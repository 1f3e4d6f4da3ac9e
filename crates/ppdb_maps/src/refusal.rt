// Why a line, or a text, is refused.
ghost use Rattle.std.specs.Prelude.{◌≡◌};
ghost use Rattle.ppdb_maps.specs.declared.refusal.Refusal.TheVariants.{Memory as OutOfMemory};
ghost use Rattle.ppdb_maps.specs.declared.refusal.MapError.TheVariants.{Memory as NoMemory};

use crate::rule::Rule;
use ppdb_base::Memory;
use std::alloc::AllocFailed;

/// Why a line was not added.
#[derive(Clone, Copy)]
pub enum Refusal {
    /// It breaks this rule, and none with a lesser number.
    Breaks(Rule),
    /// Memory ran out.
    Memory,
}

impl From<Memory> for Refusal {
    ghost from_gives = { λ _ e. e ≡ OutOfMemory };

    fn from(_: Memory) -> Self {
        Refusal::Memory
    }
}

impl<T: Drop> From<AllocFailed<T>> for Refusal {
    ghost from_gives = { λ _ e. e ≡ OutOfMemory };

    fn from(_: AllocFailed<T>) -> Self {
        Refusal::Memory
    }
}

/// Why a text has no map.
#[derive(Clone, Copy, Debug, PartialEq, Eq)]
pub enum MapError {
    /// The line, counted from 1, is the first that breaks a rule, and this is the least number of
    /// a rule that it breaks, 1 to 9.
    Line { line: u32, kind: u8 },
    /// Memory ran out.
    Memory,
}

impl From<Memory> for MapError {
    ghost from_gives = { λ _ e. e ≡ NoMemory };

    fn from(_: Memory) -> Self {
        MapError::Memory
    }
}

━━━━━━━━━━

## Exercise description
Word for word, repeat the lines from the one holding "breaks, 1 to 9." through the last line of the entries, both included.

## Reply
    /// a rule that it breaks, 1 to 9.
    Line { line: u32, kind: u8 },
    /// Memory ran out.
    Memory,
}

impl From<Memory> for MapError {
    ghost from_gives = { λ _ e. e ≡ NoMemory };

    fn from(_: Memory) -> Self {
        MapError::Memory
    }
}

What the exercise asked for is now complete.